Wednesday, September 21, 2016

An Embarrassment of Riches

(Previously published in the July/August issue of Live Magazine. www.baptistwomen.com )


(This is not my church.)


My church split painfully in two when I was in the fifth grade.  Between one Sunday and the next all the girls my age seemed to evaporate into memory with only their family portraits in the pictorial directory giving evidence of their former presence.  While God had preserved a remnant of peers--my cousins and another boy our age--I was suddenly bereft for female companionship at church.  Potlucks were ubiquitous in the post-split period as the remaining members of the congregation drew together for a sweetness of fellowship that can only be attributed to the presence of the Holy Spirit; a balm to the wound of fracturing.  But for my pre-teen self, many hours were spent wandering through the empty Sunday School rooms while the boys played floor hockey in the gym (hitting balls disturbingly hard to my way of thinking) and the adults talked downstairs.  I wanted to be a part of what people were doing, but the gym was echo-y and downright dangerous in my tights and patent leather shoes and the adults were talking, talking, talking about things that only made sense to me in retrospect.

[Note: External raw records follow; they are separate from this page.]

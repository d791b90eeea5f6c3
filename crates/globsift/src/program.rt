//! A command line, parsed and executed, and why that stops.

ghost use Rattle.std.specs.Prelude.{map, IfErr, IfOk, string_bytes};
ghost use Rattle.globsift.specs.Program.{Succeeds, Fails};

use crate::arguments::command;
use crate::arguments::fault::CommandFault;
use crate::sifting::fault::SiftFault;
use crate::sifting::sift;
use std::alloc::Global;
use std::fmt;
use std::io::{Read, Write};

/// Executes the arguments of a command line on the reader's input, and returns whether any line was written.
///
/// [`command`] parses the arguments, and [`sift`] reads and writes. Returns the error of either. After an error in the arguments,
/// nothing was read or written.
pub fn write_matching_lines<R: Read, W: Write>(
    alloc: Global,
    arguments: &[String],
    reader: &mut R,
    writer: &mut W,
) -> Result<bool, ProgramFault>
    ensures ok { IfOk result (Succeeds (map string_bytes arguments.now) (R.remaining reader.old)
        (R.remaining reader.new) (W.contents writer.old) (W.contents writer.new)) }
    ensures err { IfErr result (Fails (map string_bytes arguments.now) (R.remaining reader.old)
        (R.remaining reader.new) (W.contents writer.old) (W.contents writer.new)) }
{
    let command = command(alloc, arguments)?;
    Ok(sift(alloc, &command.set, command.numbered, reader, writer)?)
}

/// The error of [`write_matching_lines`].
#[derive(Debug, Drop)]
pub enum ProgramFault {
    /// The command-line arguments are rejected.
    Command(CommandFault),
    /// [`sift`] stopped before the end.
    Sift(SiftFault),
}

impl fmt::Display for ProgramFault {
    ghost use Rattle.std.specs.Prelude.{Some};
    ghost use Rattle.globsift.specs.Texts.{fault_text};

    ghost output = { λ fault. Some (fault_text fault) };

    fn fmt<W: fmt::Write>(&self, f: &mut fmt::Formatter<W>) -> fmt::Result {
        match self {
            ProgramFault::Command(fault) => fault.fmt(f),
            ProgramFault::Sift(fault) => fault.fmt(f),
        }
    }
}

impl std::error::Error for ProgramFault {}

impl From<CommandFault> for ProgramFault {
    ghost use Rattle.std.specs.Prelude.{◌≡◌};
    ghost use Rattle.globsift.specs.declared.program.ProgramFault.TheVariants.{Command};

    ghost from_gives = { λ cause fault. fault ≡ Command cause };

    fn from(cause: CommandFault) -> ProgramFault {
        ProgramFault::Command(cause)
    }
}

impl From<SiftFault> for ProgramFault {
    ghost use Rattle.std.specs.Prelude.{◌≡◌};
    ghost use Rattle.globsift.specs.declared.program.ProgramFault.TheVariants.{Sift};

    ghost from_gives = { λ cause fault. fault ≡ Sift cause };

    fn from(cause: SiftFault) -> ProgramFault {
        ProgramFault::Sift(cause)
    }
}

I wanted a friend like a parched plant wants water.  One Sunday while I wandered through our now roomy building, I found myself sitting in the balcony of our hushed sanctuary and crying.  I prayed that God would send me a friend at church. If God had sent me a friend the following week, I doubt I would remember my prayer or His answer.  Countless Sundays passed without the arrival of any families with girls my age.  In a desperate play against my total isolation, I pushed myself to understand and participate in the adult conversations. I got to know my cousins better and grew comfortable in Sunday school, and then youth group as the only girl among the boys who were all like brothers.  I invited my school friends to come on Wednesday nights, but the seas of adolescence are tumultuous and none of those friendships survived the raging storm.  Like Anne Shirley, I longed for a kindred spirit. 

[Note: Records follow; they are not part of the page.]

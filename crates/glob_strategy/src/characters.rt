//! The states of a `?` that matches a whole character, by the rows of Table 3-7 of the Unicode Standard.
//!
//! Second, third and fourth bytes that may be the same are read by the same states, for every first byte: there are 16 states,
//! which a table of a row each would exceed.

ghost use Rattle.std.specs.Prelude.{◌≡◌, ◌+◌, ◌<◌, ◌∷◌, [], OnOk, IfOk};
ghost use Rattle.byte_nfa.specs.Runs.{size};
ghost use Rattle.glob_syntax.specs.Characters.{is_between};
ghost use Rattle.glob_syntax.specs.inner.CharacterRows.{continues, is_ascii_wild, begins_three};
ghost use Rattle.bit_sets.specs.Bytes.{IsSetOf};
ghost use Rattle.glob_strategy.specs.inner.Building.{BuildsRow, BuildsCharacter};
ghost use Rattle.byte_nfa.specs.Building.{Grows};

use bit_sets::ByteSet;
use byte_nfa::Builder;
use glob_syntax::Options;
use std::alloc::AllocError;

/// Returns whether a byte is in a range.
fn is_between(first: u8, last: u8, byte: u8) -> bool
    ensures { result ≡ is_between (first, last) byte }
{
    first <= byte && byte <= last
}

/// Returns the bytes of a range.
fn bytes_between(first: u8, last: u8) -> ByteSet
    ensures { IsSetOf (is_between (first, last)) result }
{
    let mut table = [false; 256];
    for byte in 0..256usize {
        table[byte] = is_between(first, last, byte as u8);
    }
    ByteSet::from_table(&table)
}

/// Returns the characters of one byte that `?` matches.
fn ascii_bytes(options: Options) -> ByteSet
    ensures { IsSetOf (is_ascii_wild options) result }
{
    if options.literal_separator {
        bytes_between(0x00, 0x7F).without(b'/')
    } else {
        bytes_between(0x00, 0x7F)
    }
}

/// The states that read the last bytes of a character, where these may be any: one byte, two and three.
#[derive(Clone, Copy)]
struct LastBytes {
    one: usize,
    two: usize,
    three: usize,
}

/// The states of the first bytes of characters of one length: of the lowest first byte and the highest, which want a second byte of
/// their own, and of those between.
#[derive(Clone, Copy)]
struct FirstBytes {
    low: usize,
    middle: usize,
    high: usize,
}

/// Adds the states that read the last byte of a character, the last two and the last three, where these may be any.
fn add_last_bytes(builder: &mut Builder, exit: usize) -> Result<LastBytes, AllocError>
    // The exit exists. On success the returned states exist, and three states were added.
    requires { exit < size builder.old }
    ensures within { IfOk result
        (λ r. (r.one < size builder.new) × (r.two < size builder.new)
        × (r.three < size builder.new)) }
    ensures count { OnOk result (size builder.new ≡ size builder.old + 3) }

    // Nothing but states is added. From the returned states, one, two and three last bytes of a character lead to the exit.
    ensures grows { Grows builder.old builder.new }
    ensures one { IfOk result
        (λ r. BuildsRow (continues ∷ []) builder.old.states builder.new.states r.one exit) }
    ensures two { IfOk result
        (λ r. BuildsRow (continues ∷ continues ∷ []) builder.old.states builder.new.states r.two
        exit) }
    ensures three { IfOk result
        (λ r. BuildsRow (continues ∷ continues ∷ continues ∷ []) builder.old.states
        builder.new.states r.three exit) }
{
    let bytes = bytes_between(0x80, 0xBF);
    let one = builder.push_bytes(bytes, exit)?;
    let two = builder.push_bytes(bytes, one)?;
    let three = builder.push_bytes(bytes, two)?;
    Ok(LastBytes { one, two, three })
}

/// Adds the states of a first byte that wants a second byte of its own.
fn add_first_two(
    builder: &mut Builder,
    first: u8,
    second: (u8, u8),
    next: usize,
) -> Result<usize, AllocError>
    requires { next < size builder.old }
    ensures within { IfOk result (λ s. s < size builder.new) }
    ensures count { OnOk result (size builder.new ≡ size builder.old + 2) }
    ensures grows { Grows builder.old builder.new }
    ensures builds { IfOk result
        (λ s. BuildsRow (is_between (first, first) ∷ is_between second ∷ []) builder.old.states
        builder.new.states s next) }
{
    let then = builder.push_bytes(bytes_between(second.0, second.1), next)?;
    builder.push_bytes(bytes_between(first, first), then)
}

/// Adds the states of the first bytes of characters of three bytes. `one` and `two` are the states of the last byte and of the
/// last two.
fn add_three_bytes(builder: &mut Builder, one: usize, two: usize) -> Result<FirstBytes, AllocError>
    // The states of the last bytes exist.
    requires one { one < size builder.old }
    requires two { two < size builder.old }

    // On success the returned states exist, and five states were added.
    ensures within { IfOk result
        (λ r. (r.low < size builder.new) × (r.middle < size builder.new)
        × (r.high < size builder.new)) }
    ensures count { OnOk result (size builder.new ≡ size builder.old + 5) }

    // Nothing but states is added. A first byte with second bytes of its own leads by these to `one`, and the others to `two`.
    ensures grows { Grows builder.old builder.new }
    ensures low { IfOk result
        (λ r. BuildsRow (is_between (0xE0, 0xE0) ∷ is_between (0xA0, 0xBF) ∷ []) builder.old.states
        builder.new.states r.low one) }
    ensures middle { IfOk result
        (λ r. BuildsRow (begins_three ∷ []) builder.old.states builder.new.states r.middle two) }
    ensures high { IfOk result
        (λ r. BuildsRow (is_between (0xED, 0xED) ∷ is_between (0x80, 0x9F) ∷ []) builder.old.states
        builder.new.states r.high one) }
{
    let low = add_first_two(builder, 0xE0, (0xA0, 0xBF), one)?;
    let high = add_first_two(builder, 0xED, (0x80, 0x9F), one)?;
    let middle = builder.push_bytes(bytes_between(0xE1, 0xEF).without(0xED), two)?;
    Ok(FirstBytes { low, middle, high })
}

/// Adds the states of the first bytes of characters of four bytes. `two` and `three` are the states of the last two bytes and
/// of the last three.
fn add_four_bytes(builder: &mut Builder, two: usize, three: usize) -> Result<FirstBytes, AllocError>
    // The states of the last bytes exist.
    requires two { two < size builder.old }
    requires three { three < size builder.old }

    // On success the returned states exist, and five states were added.
    ensures within { IfOk result
        (λ r. (r.low < size builder.new) × (r.middle < size builder.new)
        × (r.high < size builder.new)) }
    ensures count { OnOk result (size builder.new ≡ size builder.old + 5) }

    // Nothing but states is added. A first byte with second bytes of its own leads by these to `two`, and the others to `three`.
    ensures grows { Grows builder.old builder.new }
    ensures low { IfOk result
        (λ r. BuildsRow (is_between (0xF0, 0xF0) ∷ is_between (0x90, 0xBF) ∷ []) builder.old.states
        builder.new.states r.low two) }
    ensures middle { IfOk result
        (λ r. BuildsRow (is_between (0xF1, 0xF3) ∷ []) builder.old.states builder.new.states
        r.middle three) }
    ensures high { IfOk result
        (λ r. BuildsRow (is_between (0xF4, 0xF4) ∷ is_between (0x80, 0x8F) ∷ []) builder.old.states
        builder.new.states r.high two) }
{
    let low = add_first_two(builder, 0xF0, (0x90, 0xBF), two)?;
    let high = add_first_two(builder, 0xF4, (0x80, 0x8F), two)?;
    let middle = builder.push_bytes(bytes_between(0xF1, 0xF3), three)?;
    Ok(FirstBytes { low, middle, high })
}

/// Adds the states of a character, which lead to a state. Returns where they begin.
pub fn add_character(
    builder: &mut Builder,
    options: Options,
    exit: usize,
) -> Result<usize, AllocError>
    requires { exit < size builder.old }
    ensures within { IfOk result (λ s. s < size builder.new) }
    ensures count { OnOk result (size builder.new ≡ size builder.old + 16) }
    ensures grows { Grows builder.old builder.new }
    ensures builds { IfOk result
        (λ s. BuildsCharacter options builder.old.states builder.new.states s exit) }
{
    let last = add_last_bytes(builder, exit)?;
    let ascii = builder.push_bytes(ascii_bytes(options), exit)?;
    let pair = builder.push_bytes(bytes_between(0xC2, 0xDF), last.one)?;
    let three = add_three_bytes(builder, last.one, last.two)?;
    let four = add_four_bytes(builder, last.two, last.three)?;
    let start = builder.push_union(&[
        ascii,
        pair,
        three.low,
        three.middle,
        three.high,
        four.low,
        four.middle,
        four.high,
    ])?;
    Ok(start)
}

(But these are my friends.)

 Five years passed as I watched for God to answer my prayer for a sincere friend.  I expected He would send a girl my age, but God has repeatedly revealed that all my expectations are too small for the kind of answers that He delights to give. God made me wait for my friends so that I would undertake the challenge of conversing with adults and befriending those more mature than myself; so that I would learn to appreciate the boys as cheerful and forthright companions; valuing the community that God had placed me in rather than the one I thought I wanted.   Then, He began to send His answers.  Friends came from corners I did not expect. These women were not my peers, but grew to be my dearest friends.  If I hadn’t had to ask and wait and stretch myself, I probably wouldn’t have been able to appreciate them, indicating that I wasn’t ready for the friends God had for me. The waiting years weren’t meant to be idly passed as time arbitrary ticked away.  Like waves on a shore, God has been faithfully adding to my friends ever since.  My little church has become an embarrassment of riches to me.  Just when I think that God couldn’t have answered that old prayer more completely, He multiplies His answer again.  


One of our most profound hungers is for that of connection, but our human nature desires it through the easiest of pathways.  I wanted a friend partly to occupy and shield me from having to exert myself in groups in which I felt uncomfortable.  By delaying His answer a little while, God grew in me a love and appreciation for parts of the Body of Christ that I might have ignored otherwise.   Many Christians have forsaken church for a gallimaufry of reasons.  As a result, they wander as exiles looking for a utopian community that meets all their needs, not recognizing that perhaps God showed them the gaps so that they could pray and see Him answer above and beyond what they could think or imagine.